Bon, quelle heure est-il ? Et à quelle heure aviez-vous prévu de partir à l’association ? « Quelle journée... Tellement d’émotions depuis ce matin. Bon, tout semble se terminer plutôt bien. Allez, en route ma vieille ! »
Vingt minutes plus tard, vous êtes dans l’autobus qui vous conduit vers le local de votre association. Vous vous sentez épuisée... Soulagée mais épuisée... Et il y a encore la petite fête.
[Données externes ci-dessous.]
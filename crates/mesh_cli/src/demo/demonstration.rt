// The demonstration.
ghost use Rattle.std.specs.Prelude.{◌≡◌, ◌≤◌, IfOk};
ghost use Rattle.mesh_cli.specs.demo.Demos.{IsDemo};
ghost use Rattle.mesh_cli.specs.declared.demo.demonstration.DemoFault.TheVariants as fault;

use crate::demo::lines::headed;
use crate::demo::play::loaded;
use crate::demo::shop::shop;
use mesh_base_values::Str;
use mesh_house::MemHouse;
use mesh_io::MemFolder;
use mesh_list::{Memory, Seq};
use std::alloc::Global;
use std::thread::Threads;

/// Why there is no demonstration.
#[derive(Clone, Copy, PartialEq, Eq)]
pub enum DemoFault {
    Memory,
}

impl From<Memory> for DemoFault {
    ghost from_gives = { λ _ e. e ≡ fault.Memory };

    fn from(_: Memory) -> Self {
        DemoFault::Memory
    }
}

fn played<R: Threads + Sync>(rt: &R, alloc: Global, n: u32, workers: u32) -> Result<Str, Memory>
    requires workers { (1 ≤ workers) × (workers ≤ 64) }
    ensures { IfOk result (IsDemo n) }
{
    let mut folder = MemFolder::new(shop(alloc, n)?, Seq::new(alloc));
    let mut house = MemHouse::new(alloc);
    let rest = loaded(rt, alloc, workers, &mut folder, &mut house)?;
    headed(alloc, n, rest)
}

/// Makes the shop project with so many orders in memory, applies it to production, adds a column and applies that to
/// `dev`, runs both some days later, and tells the units of each, the number of rows of production's totals and their
/// sum.
pub fn demo<R: Threads + Sync>(
    rt: &R,
    alloc: Global,
    n: u32,
    workers: u32,
) -> Result<Str, DemoFault>
    requires workers { (1 ≤ workers) × (workers ≤ 64) }
    ensures { IfOk result (IsDemo n) }
{
    let text = played(rt, alloc, n, workers)?;
    Ok(text)
}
Est-ce vraiment le bon moment pour annoncer votre retrait de l’association ? Surtout si Colombe n’est pas là... Et puis, est-ce le bon moment de partir ? « Tiens, ça va être l’heure de l’horoscope. »

Effectivement, à la descente du bus, vous reconnaissez la dame en gris qui vend chaque jour des horoscopes imprimés sur du mauvais papier « au profit d’une association d’aide aux handicapés. » Une manière maladroitement déguisée de faire la manche... Elle aussi vous reconnaît puisque, chaque jour, vous lui achetez une de ses feuilles pour la punaiser dans le secrétariat de votre local. « A cette heure-ci de la journée, elle ne doit plus en vendre beaucoup... »
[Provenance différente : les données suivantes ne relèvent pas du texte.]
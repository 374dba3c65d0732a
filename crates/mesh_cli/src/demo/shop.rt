// The shop project, as the files of a folder.
ghost use Rattle.std.specs.Prelude.{◌≡◌, ◌<◌, ◌++◌, ◌∷◌, [], IfOk, OnOk};
ghost use Rattle.mesh_cli.specs.demo.Shop.{daily, file, order_line, orders, shop, twice_file, two_digits};

use mesh_base_values::Str;
use mesh_cli_print::faults::{put, put_number};
use mesh_io::{File, Files};
use mesh_list::{Duplicate, Memory, Seq};
use std::alloc::Global;

const EXTERNALS: &[u8] =
    b"name,column,type,role\nraw.orders,id,INT,\nraw.orders,day,DATE,time\nraw.orders,qty,INT,\n";

const TOTALS: &[u8] =
    b"MODEL (name shop.totals, kind FULL);\nSELECT day, SUM(qty) AS total, COUNT(*) AS n FROM shop.daily GROUP BY 1\n";

/// A text of its own.
pub(crate) fn text(alloc: Global, bytes: &[u8]) -> Result<Str, Memory>
    ensures { IfOk result (λ text. text ≡ bytes.now) }
{
    u8::copy_items(alloc, bytes)
}

/// A number below a hundred, with two digits.
fn put_two_digits(out: &mut Vec<u8>, number: u64) -> Result<(), Memory>
    requires { number < 100 }
    ensures { OnOk result (out.new.items ≡ out.old.items ++ two_digits number) }
{
    put(
        out,
        &[b'0' + (number / 10) as u8, b'0' + (number % 10) as u8],
    )
}

/// One order, by its number from 0 on.
fn put_order(out: &mut Vec<u8>, k: u32) -> Result<(), Memory>
    ensures { OnOk result (out.new.items ≡ out.old.items ++ order_line k) }
{
    let k = k as u64;
    put_number(out, k + 1)?;
    put(out, b",2024-01-")?;
    put_two_digits(out, k % 10 + 1)?;
    put(out, b",")?;
    put_number(out, 7 * k % 13 + 1)?;
    put(out, b"\n")
}

/// So many orders, as a CSV file.
fn orders(alloc: Global, n: u32) -> Result<Str, Memory>
    ensures { IfOk result (λ text. text ≡ orders n) }
{
    let mut out = Vec::from_slice(alloc, b"id,day,qty\n")?;
    for k in 0..n {
        put_order(&mut out, k)?;
    }
    Ok(Seq::from_vec(out))
}

/// The model of each day's orders, with some items more.
fn daily(alloc: Global, more: &[u8]) -> Result<Str, Memory>
    ensures { IfOk result (λ text. text ≡ daily more.now) }
{
    let mut out = Vec::from_slice(
        alloc,
        b"MODEL (name shop.daily, kind INCREMENTAL_BY_TIME_RANGE (time_column day), start '2024-01-01');\nSELECT id, day, qty",
    )?;
    put(&mut out, more)?;
    put(
        &mut out,
        b" FROM raw.orders WHERE day BETWEEN @start_ds AND @end_ds\n",
    )?;
    Ok(Seq::from_vec(out))
}

fn put_file(files: &mut Files, path: &[u8], bytes: Str) -> Result<(), Memory>
    ensures { OnOk result (files.new ≡ files.old ++ file path.now bytes ∷ []) }
{
    let path = text(files.alloc(), path)?;
    files.push(File { path, bytes })
}

/// The files of the project, with so many orders.
pub(crate) fn shop(alloc: Global, n: u32) -> Result<Files, Memory>
    ensures { IfOk result (λ files. files ≡ shop n) }
{
    let mut files = Seq::new(alloc);
    put_file(&mut files, b"external_models.csv", text(alloc, EXTERNALS)?)?;
    put_file(&mut files, b"models/daily.sql", daily(alloc, b"")?)?;
    put_file(&mut files, b"models/totals.sql", text(alloc, TOTALS)?)?;
    put_file(&mut files, b"orders.csv", orders(alloc, n)?)?;
    Ok(files)
}

/// The model of each day's orders with one column more.
pub(crate) fn twice_file(alloc: Global) -> Result<File, Memory>
    ensures { IfOk result (λ made. made ≡ twice_file) }
{
    let path = text(alloc, b"models/daily.sql")?;
    let bytes = daily(alloc, b", qty * 2 AS twice")?;
    Ok(File { path, bytes })
}
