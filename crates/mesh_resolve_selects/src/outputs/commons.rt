// The common table expressions that stand before, found by their names.
ghost use Rattle.std.specs.Prelude.{◌≡◌, ◌<◌, [], ◌∷◌, ◌++◌, length, None, IfOk, IfSome, OnOk, OnErr};
ghost use Rattle.std.specs.List.{list_any};
ghost use Rattle.mesh_resolve_selects.specs.outputs.Commons.{cte_named, is_cte, place_named};

use mesh_base::{Rel, Selects};
use mesh_base_columns::select_columns;
use mesh_base_values::{Columns, Str};
use mesh_list::{Duplicate, Memory, Seq};
use std::alloc::Global;
use std::collections::BTreeMap;
use std::marker::Model;

/// A common table expression that stands before.
#[derive(Drop)]
pub struct Common {
    pub name: Str,
    pub selects: Selects,
}

/// The common table expressions so far, in their order, and the place of each name's first one.
pub struct Commons {
    list: Vec<Common>,
    places: BTreeMap<Str, usize>,
}

impl Drop for Commons {
    fn drop(self) {
        let Commons { list: _, places: _ } = self;
    }
}

impl Model for Commons {
    ghost use Rattle.std.specs.Prelude.{List, ℕ, ◌≡◌};
    ghost use Rattle.std.specs.Coded.{codes};
    ghost use Rattle.std.specs.BTreeMap.{get};
    ghost use Rattle.mesh_base.specs.contracts.expressions.Expr as expr;
    ghost use Rattle.mesh_base_values.specs.Names.{text_cmp};
    ghost use Rattle.mesh_resolve_selects.specs.declared.outputs.commons.Common.{Common};
    ghost use Rattle.mesh_resolve_selects.specs.outputs.Commons.{place_named};

    ghost Value = { List Common };

    ghost coded = { Prim.hlevel (codes, expr.the_row.coded) };

    ghost view = { λ s. s.list.items };

    ghost invariant = { λ s. (name : List ℕ) → get text_cmp s.places name ≡ place_named name s.list.items };
}

impl Commons {
    /// None yet.
    pub fn new(alloc: Global) -> Commons
        ensures { result ≡ [] }
    {
        Commons {
            list: Vec::new(alloc),
            places: BTreeMap::new(alloc),
        }
    }

    /// All of them.
    pub fn as_slice(&self) -> &[Common]
        ensures { result.now ≡ self.now }
    {
        self.list.as_slice()
    }

    /// One more, of a new name, behind the others.
    pub fn push(&mut self, c: Common) -> Result<(), Memory>
        requires new { place_named c.name self.old ≡ None }
        ensures ok { OnOk result (self.new ≡ self.old ++ c ∷ []) }
        ensures err { OnErr result (self.new ≡ self.old) }
    {
        let name = c.name.copy()?;
        let place = self.list.len();
        self.list.push(c)?;
        match self.places.insert(name, place) {
            Ok(_) => Ok(()),
            Err(_) => {
                drop(self.list.pop());
                Err(Memory)
            }
        }
    }

    /// The place of the first one of that name, from 0, found in steps in proportion to the logarithm of their number.
    #[tactic(auto, using(crate::proofs::outputs::Places::place_within))]
    pub fn place(&self, name: &Str) -> Option<usize>
        ensures first { result ≡ place_named name.now self.now }
        ensures within { IfSome result (λ i. i < length self.now) }
    {
        self.places.get(name).copied()
    }

    /// Whether one has that name.
    #[tactic(auto, using(crate::proofs::outputs::Places::has_place))]
    pub fn has(&self, name: &Str) -> bool
        ensures { result ≡ list_any (is_cte name.now) self.now }
    {
        self.place(name).is_some()
    }

    /// The same ones, as a list.
    pub fn into_seq(self) -> Seq<Common>
        ensures { result ≡ self }
    {
        let Commons { list, places: _ } = self;
        Seq::from_vec(list)
    }
}

/// The first CTE of that name, by its place, with its columns.
#[tactic(auto, using(crate::proofs::outputs::Places::named_at))]
pub fn cte_named(
    alloc: Global,
    ctes: &Commons,
    name: &Str,
) -> Result<Option<(Rel, Columns)>, Memory>
    ensures { IfOk result (λ found. found ≡ cte_named 0 ctes.now name.now) }
{
    let Some(place) = ctes.place(name) else {
        return Ok(None);
    };
    if place > 0xffff_ffff {
        return Err(Memory);
    }
    let columns = select_columns(alloc, ctes.as_slice()[place].selects.as_slice())?;
    Ok(Some((Rel::Cte(place as u32), columns)))
}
« - Bonjour, un petit horoscope pour aider...
- Pas de problème, comme d’habitude.
- Merci madame, heureusement que vous pensez aux autres.
- Autant que possible. A demain. »

Vous continuez votre route. Au moment d’arriver à la porte de l’association, votre téléphone vous annonce l’arrivée d’un SMS de... « Désolé pour tout à l’heure. Je me suis arrangé et je rentre après-demain. Appelle-moi si tu veux demain matin. Bonne soirée. J-J » Et une émotion de plus pour aujourd’hui... Vous restez là, toute émue, avec votre papier dans une main et votre téléphone dans l’autre. Vous essayez de vous reprendre avant d’ouvrir la porte. Un petit coup d’œil sur l’horoscope ? Allez, respirez à fond et, n’oubliez pas, vous êtes Gémeaux.